The dissection tutorial was developed with Mixed-Reality Tool Kit holographic assets with information buttons and instruction pains to guide students through the process. To determine the performance of the deep-learning models for the tutorial’s organ detection, the box losses for the training and validation batches over epochs were obtained from the Python environment. The internal organs’ final box losses were 1.3093 for training (Fig. 1a.) and 1.1767 for validation (Fig. 2a.), while the external organs' final box losses were 1.4971 for training (Fig. 1b.) and 1.3678 (Fig. 2b.) for validation. Since the loss curves plateau with similar final values, the model effectively fits the data with adequately emulated algorithms for detecting anatomical features and minimal accumulated error in performance. The mean Average Precisions (mAP50s) were obtained from the precision-recall curves generated with the Intersection over Union threshold of 0.5. The final mAP50s were 0.87047 for the internal organs (Fig. 3a.) and 0.83138 for the external organs (Fig. 3b.). Since the models maintain high precision even at high recall levels, these values indicate the models’ precise detection of most organ pixels without selecting non-ogan pixels in the image. The true-positive predictions were obtained from the models’ normalized confusion matrix to determine the model’s accuracy in organ differentiation. The average true-positive predictions were 0.84 for internal organs with a maximum of 0.93 for intestine detection (Fig. 4a.) and 0.86 for external organs with a maximum of 0.99 for head detection (Fig. 5a). Given the high true-positive percentages, the models effectively distinguish the different internal and external organs with some challenges in dissociating objects from their backgrounds leading to few false positive labels. The development of a mixed reality system for organ detection in fetal pig dissection has shown promising results with high recognition accuracy. Therefore, the integration of the YOLOv8 algorithm has the potential to enhance the student learning experience with more interactive, informative, and engaging dissection processes. Future work will incorporate usability tests with quantitative questionnaires to analyze student satisfaction, dissection quality, and laboratory completion time.

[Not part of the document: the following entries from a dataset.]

//! Look-up among replacements in order.

ghost use Rattle.std.specs.Prelude.{◌≡◌};
ghost use Rattle.std.specs.Option.{option_copied};
ghost use Rattle.wi_values.specs.Replacements.{IsInOrder, replaced};
ghost use Rattle.wi_worlds.specs.Inner.Picked.{replacement_at};

use wi_values::{Address, Replacement, Value};

/// The value that stands in the place of a cell's content, if one of the replacements, which stand in row-major order,
/// is of the cell. The work grows with the logarithm of their count.
pub fn value_at(replacements: &[Replacement], at: Address) -> Option<&Value>
    requires { IsInOrder replacements.now }
    ensures { option_copied result ≡ replaced replacements.now at }
{
    Some(&found_at(replacements, at)?.value)
}

/// The replacement of a cell, if one of the replacements is of it. The work grows with the logarithm of their count.
pub(crate) fn found_at(replacements: &[Replacement], cell: Address) -> Option<&Replacement>
    requires { IsInOrder replacements.now }
    ensures { option_copied result ≡ replacement_at replacements.now cell }
{
    match replacements.binary_search_by_key(&cell, |replacement| replacement.at) {
        Ok(place) => Some(&replacements[place]),
        Err(_) => None,
    }
}
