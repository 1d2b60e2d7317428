//! Which of some replaced cells each cell reaches.

ghost use Rattle.std.specs.Prelude.{◌≡◌, ◌↔◌, ◌==◌, ◌&&◌, ◌||◌, ℕ, [], true, nat_lt, IsTrue, OnOk, OnErr, length};
ghost use Rattle.std.specs.List.{list_all};
ghost use Rattle.std.specs.List.Sorted.{IsStrictlyIncreasing};
ghost use Rattle.wi_values.specs.Address.{is_one_of};
ghost use Rattle.wi_worlds.specs.Reached.{is_known, reached_by, reached_cells, has_recorded, recorded_cells, AddsOf};
ghost use Rattle.wi_worlds.specs.Inner.Shared.{recorded_in};

use crate::rising::{RisingCells, has_next};
use crate::world::World;
use std::alloc::{AllocError, Global};
use std::collections::HashMap;
use std::marker::Model;
use wi_values::{Address, Replacement};

/// Cells by a cell that reaches them.
type Reached = HashMap<Address, RisingCells>;

/// Which of some others each cell reaches. Of those others that are known, all cells that reach them are recorded.
#[derive(Drop)]
pub struct Reaches {
    known: RisingCells,
    // Nothing where nothing was recorded. Behind a box, since each question takes it out and puts it back.
    reached: Option<Box<Reached>>,
    alloc: Global,
}

impl Model for Reaches {
    ghost use Rattle.wi_worlds.specs.Reached.{ReachTable};
    ghost use Rattle.wi_worlds.specs.Inner.Shared.{recorded_in};

    ghost Value = { ReachTable };

    ghost view = { λ r. record { known = r.known; reached = recorded_in r.reached } };
}

impl Reaches {
    /// Nothing is known. Takes no memory.
    pub fn new(alloc: Global) -> Reaches
        ensures { result ≡ record { known = []; reached = [] } }
    {
        Reaches {
            known: RisingCells::new(alloc),
            reached: None,
            alloc,
        }
    }

    /// Of how many cells it is known which cells reach them.
    pub fn len(&self) -> usize
        ensures { result ≡ length self.now.known }
    {
        self.known.as_slice().len()
    }

    /// Whether nothing is known or recorded.
    pub fn is_empty(&self) -> bool
        ensures { IsTrue result ↔ (self.now ≡ record { known = []; reached = [] }) }
    {
        self.known.as_slice().is_empty() && is_nothing(&self.reached)
    }

    /// Whether it is known of a cell which cells reach it. The work grows with the logarithm of the count of those that
    /// are known.
    pub fn knows(&self, at: Address) -> bool
        ensures { result ≡ is_known self.now at }
    {
        has_next(self.known.as_slice(), &mut 0, at)
    }

    /// Whether it is known of all replaced cells. The work for each is a comparison where those that are known stand in
    /// the same order with none between, and else a search.
    #[inline(always)]
    pub fn knows_all(&self, world: &World) -> bool
        ensures { result ≡ list_all (λ r. is_known self.now r.at) world.now }
    {
        have_all(self.known.as_slice(), world.replacements())
    }

    /// Whether a cell is recorded to reach another. One look-up.
    pub fn has_recorded(&self, at: Address) -> bool
        ensures { result ≡ nat_lt 0 (length (reached_cells self.now at)) }
    {
        !self.reached(at).is_empty()
    }

    /// Makes a cell known, with the cells that reach it. If memory runs out, the same are known as before, and of those
    /// that reach this one some may be recorded. The work for each is a look-up.
    pub fn add(&mut self, at: Address, cone: &[Address]) -> Result<(), AllocError>
        ensures known { OnOk result ((a : ℕ) → is_known self.new a
            ≡ (at == a || is_known self.old a)) }
        ensures adds { AddsOf at cone.now self.old.reached self.new.reached }
        ensures all { OnOk result ((c : ℕ) → is_one_of cone.now c ≡ true
            → reached_by self.new c at ≡ true) }
        ensures err { OnErr result (self.new.known ≡ self.old.known) }
    {
        tell(self.alloc, &mut self.reached, at, cone)?;
        self.known.insert(at)
    }

    /// The cells that a cell is recorded to reach, in row-major order. One look-up.
    pub(crate) fn reached(&self, at: Address) -> &[Address]
        ensures value { result.now ≡ reached_cells self.now at }
        ensures order { IsStrictlyIncreasing (reached_cells self.now at) }
    {
        match &self.reached {
            Some(reached) => cells_of(reached, at),
            None => &[],
        }
    }
}

/// Whether nothing was recorded.
fn is_nothing(reached: &Option<Box<Reached>>) -> bool
    ensures { IsTrue result ↔ (recorded_in reached.now ≡ []) }
{
    match reached {
        Some(reached) => reached.is_empty(),
        None => true,
    }
}

/// The cells that a cell is recorded to reach, in row-major order.
fn cells_of(reached: &Reached, at: Address) -> &[Address]
    ensures value { result.now ≡ recorded_cells reached.now.entries at }
    ensures order { IsStrictlyIncreasing (recorded_cells reached.now.entries at) }
{
    match reached.get(&at) {
        Some(cells) => cells.as_slice(),
        None => &[],
    }
}

/// Records of each of these cells that it reaches a cell. If memory runs out, it is recorded of some of them.
fn tell(
    alloc: Global,
    reached: &mut Option<Box<Reached>>,
    at: Address,
    cone: &[Address],
) -> Result<(), AllocError>
    ensures adds { AddsOf at cone.now (recorded_in reached.old) (recorded_in reached.new) }
    ensures all { OnOk result ((c : ℕ) → is_one_of cone.now c ≡ true
        → has_recorded (recorded_in reached.new) c at ≡ true) }
{
    match reached {
        Some(reached) => put_all(alloc, reached, at, cone),
        None => {
            let mut first = HashMap::new(alloc);
            put_all(alloc, &mut first, at, cone)?;
            *reached = Some(Box::new(alloc, first)?);
            Ok(())
        }
    }
}

/// Records of each of these cells that it reaches a cell. If memory runs out, it is recorded of some of them.
fn put_all(
    alloc: Global,
    reached: &mut Reached,
    at: Address,
    cone: &[Address],
) -> Result<(), AllocError>
    ensures adds { AddsOf at cone.now reached.old.entries reached.new.entries }
    ensures all { OnOk result ((c : ℕ) → is_one_of cone.now c ≡ true
        → has_recorded reached.new.entries c at ≡ true) }
{
    reached.reserve(cone.len().saturating_sub(reached.len()))?;
    for cell in cone {
        put(alloc, reached, *cell, at)?;
    }
    Ok(())
}

/// Records of a cell that it reaches another. If memory runs out, the same is recorded as before.
fn put(alloc: Global, reached: &mut Reached, cell: Address, at: Address) -> Result<(), AllocError>
    ensures ok { OnOk result ((c b : ℕ) → has_recorded reached.new.entries c b
        ≡ ((cell == c && at == b) || has_recorded reached.old.entries c b)) }
    ensures err { OnErr result ((c b : ℕ) → has_recorded reached.new.entries c b
        ≡ has_recorded reached.old.entries c b) }
{
    if let Some(cells) = reached.get_mut(&cell) {
        return cells.insert(at);
    }
    let cells = RisingCells::one(alloc, at)?;
    reached.insert(cell, cells)?;
    Ok(())
}

/// Whether cells in row-major order have each replaced address.
#[inline(always)]
fn have_all(cells: &[Address], replacements: &[Replacement]) -> bool
    requires { IsStrictlyIncreasing cells.now }
    ensures { result ≡ list_all (λ r. is_one_of cells.now r.at) replacements.now }
{
    let mut likely = 0;
    for replacement in replacements {
        if !has_next(cells, &mut likely, replacement.at) {
            return false;
        }
    }
    true
}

[1] Torabinia M, Caprio A, Fenster TB, Mosadegh B. “Single Evaluation of Use of a Mixed Reality Headset for Intra-Procedural Image-Guidance during a Mock Laparoscopic Myomectomy on an Ex-Vivo Fibroid Model.” Journal of Applied Sciences. 2022; 12(2):563. doi: 10.3390/app12020563.

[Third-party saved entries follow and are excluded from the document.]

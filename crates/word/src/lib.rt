// SPDX-FileCopyrightText: 2026 The PPVM Authors
// SPDX-License-Identifier: Apache-2.0

// Pauli words: how they are stored, read, written, ordered and multiplied. The layers above see the
// promises made here and never a lane.
#![tactic(auto)]

pub mod algebra;
pub mod flat;
pub mod hash;
pub mod word;
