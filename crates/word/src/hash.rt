// SPDX-FileCopyrightText: 2026 The PPVM Authors
// SPDX-License-Identifier: Apache-2.0

// A number for each word, by which words are spread over slots. Which number is free: words that are
// the same have the same, and few of the others should.
ghost use Rattle.std.specs.Prelude.{◌≡◌, ◌<◌};
ghost use Rattle.word.specs.Hash.{half, lane_hash, upper_hash, word_hash};

use crate::word::Word;

const HALF: u64 = 4_294_967_296;

fn lane_hash(a: u64, b: u64, lane: u64) -> u64
    requires { (a < half) × (b < half) }
    ensures { result ≡ lane_hash a b lane }
{
    ((lane % HALF) * a) ^ ((lane / HALF) * b)
}

// The part of the lanes from qubit 128 on, which most words leave empty.
fn upper_hash(x2: u64, x3: u64, z2: u64, z3: u64) -> u64
    ensures { result ≡ upper_hash x2 x3 z2 z3 }
{
    if (x2 | x3) | (z2 | z3) == 0 {
        return 0;
    }
    let a = lane_hash(0xcc9e_2d51, 0x1b87_3593, x2);
    let b = lane_hash(0x7feb_352d, 0x846c_a68b, x3);
    let c = lane_hash(0x3c6e_f35f, 0x2545_f491, z2);
    let d = lane_hash(0xed5a_d4bb, 0xac4c_1b51, z3);
    (a ^ b) ^ (c ^ d)
}

pub fn word_hash(w: Word) -> u64
    ensures { result ≡ word_hash w }
{
    let x = w.x;
    let z = w.z;
    let x0 = lane_hash(0x9e37_79b1, 0x85eb_ca77, x[0]);
    let x1 = lane_hash(0xc2b2_ae3d, 0x27d4_eb2f, x[1]);
    let z0 = lane_hash(0x1656_67b1, 0xd3a2_646d, z[0]);
    let z1 = lane_hash(0xfd70_46c5, 0xb55a_4f09, z[1]);
    let upper = upper_hash(x[2], x[3], z[2], z[3]);
    let h = ((x0 ^ x1) ^ (z0 ^ z1)) ^ upper;
    let folded = (h ^ (h / HALF)) % HALF;
    folded * 0x9e37_79b1 / 1_048_576
}
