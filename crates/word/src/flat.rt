// SPDX-FileCopyrightText: 2026 The PPVM Authors
// SPDX-License-Identifier: Apache-2.0

// Words in a lent table: a flat slice of lanes, x lanes first. The layers above read and write whole
// words and see a list of words.
ghost use Rattle.std.specs.Prelude.{◌≡◌, ◌+◌, ◌*◌, ◌≤◌, length, get_or};
ghost use Rattle.word.specs.Word.{identity};
ghost use Rattle.word.specs.Flat.{word_lanes, words};
ghost use Rattle.word.specs.Between.{LaysWord};

use crate::word::{LANES, Word};

// The lanes of one word: those of x and those of z.
pub const WORD_LANES: usize = 2 * LANES;

pub fn word_at(table: &[u64], i: usize) -> Word
    requires { word_lanes * i + word_lanes ≤ length table.now }
    ensures { result ≡ get_or (words table.now) i identity }
{
    let at = i * WORD_LANES;
    Word {
        x: [table[at], table[at + 1], table[at + 2], table[at + 3]],
        z: [table[at + 4], table[at + 5], table[at + 6], table[at + 7]],
    }
}

pub fn set_word(table: &mut [u64], i: usize, w: Word)
    requires { word_lanes * i + word_lanes ≤ length table.old }
    ensures { LaysWord table.old i w table.new }
{
    let at = i * WORD_LANES;
    let x = w.x;
    let z = w.z;
    table[at] = x[0];
    table[at + 1] = x[1];
    table[at + 2] = x[2];
    table[at + 3] = x[3];
    table[at + 4] = z[0];
    table[at + 5] = z[1];
    table[at + 6] = z[2];
    table[at + 7] = z[3];
}
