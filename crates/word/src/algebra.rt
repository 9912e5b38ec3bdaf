// SPDX-FileCopyrightText: 2026 The PPVM Authors
// SPDX-License-Identifier: Apache-2.0

// Pauli products and commutators on word lanes.
//
// P·Q = i^phase · R, with phase 0 to 3. A product needs its phases only modulo 4, so the phases of
// the qubits are added in two bit planes, 64 counts modulo 4 side by side, and are counted once at
// the end, however many lanes there are.
ghost use Rattle.std.specs.Prelude.{◌≡◌, ◌+◌, ◌*◌, ◌%◌};
ghost use Rattle.word.specs.Product.{product, anti_commute, factor, commutator};
ghost use Rattle.word.specs.Steps.{plane_phase, lane_phase, lane_phase_at};

use crate::word::Word;

// i^phase times a word.
#[repr(C)]
#[derive(Clone, Copy)]
pub struct Phased {
    pub word: Word,
    pub phase: u32,
}

// i times a commutator: eps times a word, eps 0 where the two words commute.
#[repr(C)]
#[derive(Drop)]
pub struct CommProduct {
    pub word: Word,
    pub eps: f64,
}

// 64 counts modulo 4: bit k of `low` and of `high` are the two digits of count k.
#[derive(Drop)]
pub struct Planes {
    pub low: u64,
    pub high: u64,
}

// The counts with the phases of one lane's 64 products added: imag has the bits of the odd phases,
// sign those of the phases 3.
fn add_lane(t: Planes, a: u64, b: u64, c: u64, d: u64) -> Planes
    ensures { plane_phase result ≡ (plane_phase t + lane_phase a b c d) % 4 }
{
    let imag = (a & d) ^ (b & c);
    let sign = imag & (a ^ c ^ b ^ d ^ (a & d));
    Planes {
        low: t.low ^ imag,
        high: t.high ^ (t.low & imag) ^ sign,
    }
}

// The counts with the phases of the lanes from qubit 128 on added. Where the left word has no letter there, as
// words of at most 128 qubits, and most terms of a wide model, have none, there are no phases.
fn add_upper(t: Planes, p: Word, q: Word) -> Planes
    ensures { plane_phase result ≡ (plane_phase t + (lane_phase_at p q 2 + lane_phase_at p q 3)) % 4 }
{
    let x = p.x;
    let z = p.z;
    let u = q.x;
    let v = q.z;
    if (x[2] | z[2]) | (x[3] | z[3]) == 0 {
        return t;
    }
    let third = add_lane(t, x[2], z[2], u[2], v[2]);
    add_lane(third, x[3], z[3], u[3], v[3])
}

fn phase_of(t: Planes) -> u32
    ensures { result ≡ plane_phase t }
{
    (u64::count_ones(t.low) + 2 * u64::count_ones(t.high)) % 4
}

// The product p·q.
pub fn pauli_mul(p: Word, q: Word) -> Phased
    ensures { result ≡ product p q }
{
    let x = p.x;
    let z = p.z;
    let u = q.x;
    let v = q.z;
    let none = Planes { low: 0, high: 0 };
    let first = add_lane(none, x[0], z[0], u[0], v[0]);
    let second = add_lane(first, x[1], z[1], u[1], v[1]);
    let all = add_upper(second, p, q);
    let phase = phase_of(all);
    Phased {
        word: Word {
            x: [x[0] ^ u[0], x[1] ^ u[1], x[2] ^ u[2], x[3] ^ u[3]],
            z: [z[0] ^ v[0], z[1] ^ v[1], z[2] ^ v[2], z[3] ^ v[3]],
        },
        phase,
    }
}

// Whether p and q anticommute: the count of qubits at which their letters do is odd.
pub fn anti_commutes(p: Word, q: Word) -> bool
    ensures { result ≡ anti_commute p q }
{
    let x = p.x;
    let z = p.z;
    let u = q.x;
    let v = q.z;
    let c0 = (x[0] & v[0]) ^ (z[0] & u[0]);
    let c1 = (x[1] & v[1]) ^ (z[1] & u[1]);
    let c2 = (x[2] & v[2]) ^ (z[2] & u[2]);
    let c3 = (x[3] & v[3]) ^ (z[3] & u[3]);
    u64::count_ones(c0 ^ c1 ^ c2 ^ c3) % 2 == 1
}

// The factor of i times a commutator whose product has this phase.
fn eps_of(phase: u32) -> f64
    ensures { result ≡ factor (phase % 4) }
{
    let k = phase % 4;
    if k == 1 {
        return -2.0;
    }
    if k == 3 {
        return 2.0;
    }
    0.0
}

// i (h·p - p·h).
pub fn comm_product(h: Word, p: Word) -> CommProduct
    ensures { result ≡ commutator h p }
{
    let product = pauli_mul(h, p);
    let word = product.word;
    CommProduct {
        word,
        eps: eps_of(product.phase),
    }
}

[2] Bala L., Kinross J., Martin G., Koizia L.J., Kooner A.S., Shimshon G.J., Hurxkens T.J., Pratt P.J., Sam A.H. “A remote access mixed reality teaching ward round.” The Clinical Teacher. 2021; 18:386–390. doi: 10.1111/tct.13338.
[3] H. Bahri, D. Krčmařík and J. Kočí, “Accurate Object Detection System on HoloLens Using YOLO Algorithm,” International Conference on Control, Artificial Intelligence, Robotics and Optimization , 2019, pp. 219-224, doi: 10.1109/ICCAIRO47923.2019.00042.